===== SUPPLIED MATERIAL =====

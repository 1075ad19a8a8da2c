//! What a quoted text stands for.

ghost use Rattle.std.specs.Prelude.{◌≡◌, ◌<◌, ◌≤◌, ◌+◌, length, IfOk, IfSome, [], ◌∷◌, OnOk, ◌++◌, None, false};
ghost use Rattle.std.specs.List.{list_all};
ghost use Rattle.liberty_text.specs.Idle.{stands_for_itself};
ghost use Rattle.liberty_text.specs.TextValue.{blank_line, piece, behind_backslash, begins_with_quote, value_of, HaveOneValue};
ghost use Rattle.liberty_text.specs.TextValue.{QuotesReadBack};

use crate::class::{Class, class_of};
use memchr::memchr2;
use sqlite_items::Items;
use std::alloc::{AllocError, Global};

/// How many bytes blanks and the line end behind them are, where these bytes begin with such.
fn blank_line(bytes: &[u8]) -> Option<usize>
    ensures value { result ≡ blank_line bytes.now }
    ensures within { IfSome result (λ n. n ≤ length bytes.now) }
{
    for (at, byte) in bytes.iter().enumerate() {
        match class_of(*byte) {
            Class::LineEnd => return Some(at + 1),
            Class::Blank => {}
            _ => return None,
        }
    }
    None
}

/// Appends what a byte before these stands for, and answers how many of them go with it.
fn push_piece(value: &mut Items<u8>, byte: u8, behind: &[u8]) -> Result<usize, AllocError>
    ensures value { OnOk result (value.new ≡ value.old ++ (piece byte behind.now).0) }
    ensures taken { IfOk result (λ taken. taken ≡ (piece byte behind.now).1) }
    ensures within { IfOk result (λ taken. taken ≤ length behind.now) }
{
    match byte {
        b'\n' => {
            value.push(b' ')?;
            Ok(0)
        }
        b'\\' => push_escape(value, behind),
        _ => {
            value.push(byte)?;
            Ok(0)
        }
    }
}

/// The same for a backslash.
fn push_escape(value: &mut Items<u8>, behind: &[u8]) -> Result<usize, AllocError>
    ensures value { OnOk result (value.new ≡ value.old
        ++ (behind_backslash (blank_line behind.now) (begins_with_quote behind.now)).0) }
    ensures taken { IfOk result (λ taken. taken ≡ (behind_backslash (blank_line behind.now) (begins_with_quote behind.now)).1) }
    ensures within { IfOk result (λ taken. taken ≤ length behind.now) }
{
    if let Some(taken) = blank_line(behind) {
        return Ok(taken);
    }
    if let [b'"', ..] = behind {
        value.push(b'"')?;
        return Ok(1);
    }
    value.push(b'\\')?;
    Ok(0)
}

/// Whether each byte stands for itself.
#[tactic(auto, using(crate::proofs::Firsts::plain_some, crate::proofs::Firsts::plain_none))]
fn is_plain(bytes: &[u8]) -> bool
    ensures { result ≡ list_all stands_for_itself bytes.now }
{
    match memchr2(b'\n', b'\\', bytes) {
        Some(_) => false,
        None => true,
    }
}

/// The value of a text token where each of the bytes between its quotes stands for itself: those bytes.
#[tactic(auto, using(crate::proofs::TextValues::value_of_plain))]
pub fn plain_value(bytes: &[u8]) -> Option<&[u8]>
    ensures plain { IfSome result (λ value. value.now ≡ value_of bytes.now) }
    ensures same { IfSome result (λ value. value.now ≡ bytes.now) }
    ensures other { result ≡ None → list_all stands_for_itself bytes.now ≡ false }
{
    if is_plain(bytes) { Some(bytes) } else { None }
}

/// The value of a text token, given the bytes between its quotes: a backslash with blanks and a line
/// end behind it vanishes, a line end without one stands for a space, `\"` for a double quote, and
/// any other byte for itself.
pub fn text_value(alloc: Global, bytes: &[u8]) -> Result<Items<u8>, AllocError>
    ensures { IfOk result (λ value. value ≡ value_of bytes.now) }
{
    if let Some(value) = plain_value(bytes) {
        return Ok(Items::from_slice(alloc, value)?);
    }
    let mut value = Items::new(alloc);
    let mut at = 0;
    while at < bytes.len() {
        let (_, behind) = bytes.split_at(at + 1);
        let taken = push_piece(&mut value, bytes[at], behind)?;
        at += 1 + taken;
    }
    Ok(value)
}

/// A law: the bytes between the quotes of a text stand for exactly one value, the one that
/// `text_value` finds.
#[tactic(auto, using(crate::proofs::Quoting::one_value))]
pub fn one_value(bytes: &[u8])
    ensures { HaveOneValue bytes.now }
{}

/// A law: a value that is written between quotes with a backslash before each double quote closes
/// there and is read back, exactly where it holds no line feed and does not end in a backslash.
pub fn quotes_read_back(value: &[u8])
    ensures { QuotesReadBack value.now }
{}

=====

Look through the data and gather every line with the string "usize" in it.

● **ANSWER FOR THE TASK**
fn blank_line(bytes: &[u8]) -> Option<usize>
fn push_piece(value: &mut Items<u8>, byte: u8, behind: &[u8]) -> Result<usize, AllocError>
fn push_escape(value: &mut Items<u8>, behind: &[u8]) -> Result<usize, AllocError>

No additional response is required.